TASK BRIEF –
Each line from the one that contains "return Ok((None, 0));" to the end of the material must be set down exactly, and no line before it.

SUPPLIED ENTRIES –
|---|
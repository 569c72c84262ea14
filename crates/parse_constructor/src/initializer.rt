// Initialisers (ECMA-408, 10.6.1, Initializer Lists).
ghost use Rattle.std.specs.Prelude.{◌≤◌, ◌<◌, ◌+◌};
ghost use Rattle.dart_token.specs.declared.sign.Sign.TheVariants as s;
ghost use Rattle.dart_tree.specs.Depth as height;
ghost use Rattle.dart_tree.specs.UnitView as view;
ghost use Rattle.grammar_laws.specs.Readers.{option};
ghost use Rattle.parse_constructor.specs.Views.{cascaded_of, cascaded_height, cascaded_at, super_reader, field_reader, init_height, comma_init_of, comma_init_height, inits_of, inits_height, init_list, initializers_parts, maybe_height};
ghost use Rattle.parse_nest.specs.Nests.{NestsExpr, NestsParameters, NestsBlock};
ghost use Rattle.parse_nest.specs.Stages.{exprs_at};
ghost use Rattle.syntax_readers.specs.Combinators.{◌~◌};
ghost use Rattle.syntax_readers.specs.Declarations as spec;
ghost use Rattle.syntax_readers.specs.Statements.{stage};
ghost use Rattle.token_codes.specs.Codes.{class_of, these};
ghost use Rattle.token_codes.specs.Leaves.{sign};
ghost use Rattle.token_cursor.specs.Gives.{GivesHigh};

use dart_base::place::Place;
use dart_token::sign::Sign;
use dart_token::word::Word;
use dart_tree::declaration::{Init, InitKind, Initializers};
use dart_tree::expression::{Cascade, Operand};
use dart_tree::parameter::Parameters;
use dart_tree::statement::Block;
use parse_expr::expr::cascaded_over;
use parse_nest::inside::{Inside, OpenExpr};
use parse_primary::arguments::arguments;
use std::alloc::Global;
use token_cursor::cursor::Cursor;
use token_cursor::error::ReadFault;

/// An operand, and the cascades behind it.
pub type Cascaded = (Operand, Vec<Cascade>);

// An operand with cascades behind it, and with no half of an operator.
fn cascaded<
    E: Fn(Global, &mut Cursor<'_>, usize, bool) -> Result<(OpenExpr, usize), ReadFault>,
    P: Fn(Global, &mut Cursor<'_>, usize) -> Result<(Parameters, usize), ReadFault>,
    B: Fn(Global, &mut Cursor<'_>, usize) -> Result<(Block, usize), ReadFault>,
>(
    nest: &Inside<E, P, B>,
    cursor: &mut Cursor<'_>,
    depth: usize,
) -> Result<(Cascaded, usize), ReadFault>
    requires nests { NestsExpr nest.now.limit (E.pre nest.now.expr) (E.post nest.now.expr) }
    requires parameters { NestsParameters nest.now.limit (P.pre nest.now.parameters) (P.post nest.now.parameters) }
    requires blocks { NestsBlock nest.now.limit (B.pre nest.now.block) (B.post nest.now.block) }
    requires within { depth ≤ nest.now.limit }
    ensures { GivesHigh cascaded_of cascaded_height depth (cascaded_at depth cursor.old) result cursor.new }
{
    let ((found, half), height) = cascaded_over(nest, cursor, depth)?;
    if half.is_some() {
        drop(found);
        return Err(ReadFault::Stuck);
    }
    Ok((found, height))
}

// The call of a constructor of the superclass.
fn super_call<
    E: Fn(Global, &mut Cursor<'_>, usize, bool) -> Result<(OpenExpr, usize), ReadFault>,
    P: Fn(Global, &mut Cursor<'_>, usize) -> Result<(Parameters, usize), ReadFault>,
    B: Fn(Global, &mut Cursor<'_>, usize) -> Result<(Block, usize), ReadFault>,
>(
    nest: &Inside<E, P, B>,
    cursor: &mut Cursor<'_>,
    depth: usize,
) -> Result<(InitKind, usize), ReadFault>
    requires nests { NestsExpr nest.now.limit (E.pre nest.now.expr) (E.post nest.now.expr) }
    requires within { depth ≤ nest.now.limit }
    requires room { depth + 1 < 18446744073709551616 }
    ensures { GivesHigh view.init_kind init_height (depth + 1)
        (super_reader (exprs_at depth).arguments cursor.old) result cursor.new }
{
    let word = cursor.expect_word(Word::Super)?;
    let constructor = cursor.maybe_dot_name(nest.alloc)?;
    let (arguments, height) = arguments(nest, cursor, depth)?;
    let found = InitKind::Super {
        word,
        constructor,
        arguments,
    };
    Ok((found, height + 1))
}

// What a field begins with.
fn field<
    E: Fn(Global, &mut Cursor<'_>, usize, bool) -> Result<(OpenExpr, usize), ReadFault>,
    P: Fn(Global, &mut Cursor<'_>, usize) -> Result<(Parameters, usize), ReadFault>,
    B: Fn(Global, &mut Cursor<'_>, usize) -> Result<(Block, usize), ReadFault>,
>(
    nest: &Inside<E, P, B>,
    cursor: &mut Cursor<'_>,
    depth: usize,
) -> Result<(InitKind, usize), ReadFault>
    requires nests { NestsExpr nest.now.limit (E.pre nest.now.expr) (E.post nest.now.expr) }
    requires parameters { NestsParameters nest.now.limit (P.pre nest.now.parameters) (P.post nest.now.parameters) }
    requires blocks { NestsBlock nest.now.limit (B.pre nest.now.block) (B.post nest.now.block) }
    requires within { depth ≤ nest.now.limit }
    requires room { depth + 1 < 18446744073709551616 }
    ensures { GivesHigh view.init_kind init_height (depth + 1)
        (field_reader (cascaded_at depth) cursor.old) result cursor.new }
{
    let this_dot = cursor.maybe_this_dot()?;
    let name = cursor.identifier(nest.alloc)?;
    let equals = cursor.expect(Sign::Assign)?;
    let ((operand, cascades), height) = cascaded(nest, cursor, depth)?;
    let found = InitKind::Field {
        this_dot,
        name,
        equals,
        operand,
        cascades,
    };
    Ok((found, height + 1))
}

// An initialiser with room for what stands in it.
#[tactic(auto, unfolding(syntax_readers::specs::Declarations::init_over))]
fn init_over<
    E: Fn(Global, &mut Cursor<'_>, usize, bool) -> Result<(OpenExpr, usize), ReadFault>,
    P: Fn(Global, &mut Cursor<'_>, usize) -> Result<(Parameters, usize), ReadFault>,
    B: Fn(Global, &mut Cursor<'_>, usize) -> Result<(Block, usize), ReadFault>,
>(
    nest: &Inside<E, P, B>,
    cursor: &mut Cursor<'_>,
    depth: usize,
) -> Result<(InitKind, usize), ReadFault>
    requires nests { NestsExpr nest.now.limit (E.pre nest.now.expr) (E.post nest.now.expr) }
    requires parameters { NestsParameters nest.now.limit (P.pre nest.now.parameters) (P.post nest.now.parameters) }
    requires blocks { NestsBlock nest.now.limit (B.pre nest.now.block) (B.post nest.now.block) }
    requires within { depth ≤ nest.now.limit }
    requires room { depth + 1 < 18446744073709551616 }
    ensures { GivesHigh view.init_kind init_height (depth + 1)
        (spec.init_over (stage depth) cursor.old) result cursor.new }
{
    if cursor.sees_word(Word::Super) {
        return super_call(nest, cursor, depth);
    }
    field(nest, cursor, depth)
}

// An initialiser, which is a node.
fn init<
    E: Fn(Global, &mut Cursor<'_>, usize, bool) -> Result<(OpenExpr, usize), ReadFault>,
    P: Fn(Global, &mut Cursor<'_>, usize) -> Result<(Parameters, usize), ReadFault>,
    B: Fn(Global, &mut Cursor<'_>, usize) -> Result<(Block, usize), ReadFault>,
>(
    nest: &Inside<E, P, B>,
    cursor: &mut Cursor<'_>,
    depth: usize,
) -> Result<(InitKind, usize), ReadFault>
    requires nests { NestsExpr nest.now.limit (E.pre nest.now.expr) (E.post nest.now.expr) }
    requires parameters { NestsParameters nest.now.limit (P.pre nest.now.parameters) (P.post nest.now.parameters) }
    requires blocks { NestsBlock nest.now.limit (B.pre nest.now.block) (B.post nest.now.block) }
    requires within { depth ≤ nest.now.limit }
    ensures { GivesHigh view.init_kind init_height depth (spec.init depth cursor.old) result cursor.new }
{
    if depth == 0 {
        return Err(ReadFault::Stuck);
    }
    init_over(nest, cursor, depth - 1)
}

// The same behind a comma.
fn comma_init<
    E: Fn(Global, &mut Cursor<'_>, usize, bool) -> Result<(OpenExpr, usize), ReadFault>,
    P: Fn(Global, &mut Cursor<'_>, usize) -> Result<(Parameters, usize), ReadFault>,
    B: Fn(Global, &mut Cursor<'_>, usize) -> Result<(Block, usize), ReadFault>,
>(
    nest: &Inside<E, P, B>,
    cursor: &mut Cursor<'_>,
    depth: usize,
) -> Result<((Place, InitKind), usize), ReadFault>
    requires nests { NestsExpr nest.now.limit (E.pre nest.now.expr) (E.post nest.now.expr) }
    requires parameters { NestsParameters nest.now.limit (P.pre nest.now.parameters) (P.post nest.now.parameters) }
    requires blocks { NestsBlock nest.now.limit (B.pre nest.now.block) (B.post nest.now.block) }
    requires within { depth ≤ nest.now.limit }
    ensures { GivesHigh comma_init_of comma_init_height depth
        ((sign s.Comma ~ spec.init depth) cursor.old) result cursor.new }
{
    let comma = cursor.expect(Sign::Comma)?;
    let (found, height) = init(nest, cursor, depth)?;
    Ok(((comma, found), height))
}

// Initialisers with commas between them.
fn inits<
    E: Fn(Global, &mut Cursor<'_>, usize, bool) -> Result<(OpenExpr, usize), ReadFault>,
    P: Fn(Global, &mut Cursor<'_>, usize) -> Result<(Parameters, usize), ReadFault>,
    B: Fn(Global, &mut Cursor<'_>, usize) -> Result<(Block, usize), ReadFault>,
>(
    nest: &Inside<E, P, B>,
    cursor: &mut Cursor<'_>,
    depth: usize,
) -> Result<(Vec<Init>, usize), ReadFault>
    requires nests { NestsExpr nest.now.limit (E.pre nest.now.expr) (E.post nest.now.expr) }
    requires parameters { NestsParameters nest.now.limit (P.pre nest.now.parameters) (P.post nest.now.parameters) }
    requires blocks { NestsBlock nest.now.limit (B.pre nest.now.block) (B.post nest.now.block) }
    requires within { depth ≤ nest.now.limit }
    ensures { GivesHigh inits_of inits_height depth (init_list (spec.init depth) cursor.old) result cursor.new }
{
    let (first, height) = init(nest, cursor, depth)?;
    let mut found = Vec::new(nest.alloc);
    found.push(Init {
        comma: None,
        kind: first,
    })?;
    let mut highest = height;
    for _turn in 0..cursor.left() {
        if !cursor.sees(Sign::Comma) {
            return Ok((found, highest));
        }
        let ((comma, further), height) = comma_init(nest, cursor, depth)?;
        found.push(Init {
            comma: Some(comma),
            kind: further,
        })?;
        highest = highest.max(height);
    }
    Ok((found, highest))
}

// The same behind the colon, by the parts of the reader.
fn behind_colon<
    E: Fn(Global, &mut Cursor<'_>, usize, bool) -> Result<(OpenExpr, usize), ReadFault>,
    P: Fn(Global, &mut Cursor<'_>, usize) -> Result<(Parameters, usize), ReadFault>,
    B: Fn(Global, &mut Cursor<'_>, usize) -> Result<(Block, usize), ReadFault>,
>(
    nest: &Inside<E, P, B>,
    cursor: &mut Cursor<'_>,
    depth: usize,
) -> Result<(Initializers, usize), ReadFault>
    requires nests { NestsExpr nest.now.limit (E.pre nest.now.expr) (E.post nest.now.expr) }
    requires parameters { NestsParameters nest.now.limit (P.pre nest.now.parameters) (P.post nest.now.parameters) }
    requires blocks { NestsBlock nest.now.limit (B.pre nest.now.block) (B.post nest.now.block) }
    requires within { depth ≤ nest.now.limit }
    ensures { GivesHigh view.initializers height.initializers_height depth
        (initializers_parts (spec.init depth) cursor.old) result cursor.new }
{
    let colon = cursor.expect(Sign::Colon)?;
    let (items, height) = inits(nest, cursor, depth)?;
    Ok((Initializers { colon, items }, height))
}

/// Reads the initialisers of a constructor (ECMA-408, 10.6.1, Initializer Lists).
pub fn initializers<
    E: Fn(Global, &mut Cursor<'_>, usize, bool) -> Result<(OpenExpr, usize), ReadFault>,
    P: Fn(Global, &mut Cursor<'_>, usize) -> Result<(Parameters, usize), ReadFault>,
    B: Fn(Global, &mut Cursor<'_>, usize) -> Result<(Block, usize), ReadFault>,
>(
    nest: &Inside<E, P, B>,
    cursor: &mut Cursor<'_>,
    depth: usize,
) -> Result<(Initializers, usize), ReadFault>
    requires nests { NestsExpr nest.now.limit (E.pre nest.now.expr) (E.post nest.now.expr) }
    requires parameters { NestsParameters nest.now.limit (P.pre nest.now.parameters) (P.post nest.now.parameters) }
    requires blocks { NestsBlock nest.now.limit (B.pre nest.now.block) (B.post nest.now.block) }
    requires within { depth ≤ nest.now.limit }
    ensures { GivesHigh view.initializers height.initializers_height depth
        (spec.initializers (spec.init depth) cursor.old) result cursor.new }
{
    behind_colon(nest, cursor, depth)
}

/// Reads the same where a colon comes (ECMA-408, 10.6.1, Initializer Lists).
pub fn maybe_initializers<
    E: Fn(Global, &mut Cursor<'_>, usize, bool) -> Result<(OpenExpr, usize), ReadFault>,
    P: Fn(Global, &mut Cursor<'_>, usize) -> Result<(Parameters, usize), ReadFault>,
    B: Fn(Global, &mut Cursor<'_>, usize) -> Result<(Block, usize), ReadFault>,
>(
    nest: &Inside<E, P, B>,
    cursor: &mut Cursor<'_>,
    depth: usize,
) -> Result<(Option<Initializers>, usize), ReadFault>
    requires nests { NestsExpr nest.now.limit (E.pre nest.now.expr) (E.post nest.now.expr) }
    requires parameters { NestsParameters nest.now.limit (P.pre nest.now.parameters) (P.post nest.now.parameters) }
    requires blocks { NestsBlock nest.now.limit (B.pre nest.now.block) (B.post nest.now.block) }
    requires within { depth ≤ nest.now.limit }
    ensures { GivesHigh (view.maybe view.initializers) maybe_height depth
        (option class_of (these s.Colon) (spec.initializers (spec.init depth)) cursor.old) result cursor.new }
{
    if !cursor.sees(Sign::Colon) {
        return Ok((None, 0));
    }
    let (found, height) = initializers(nest, cursor, depth)?;
    Ok((Some(found), height))
}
|---|
RESPONSE TO THIS TASK –
        return Ok((None, 0));
    }
    let (found, height) = initializers(nest, cursor, depth)?;
    Ok((Some(found), height))
}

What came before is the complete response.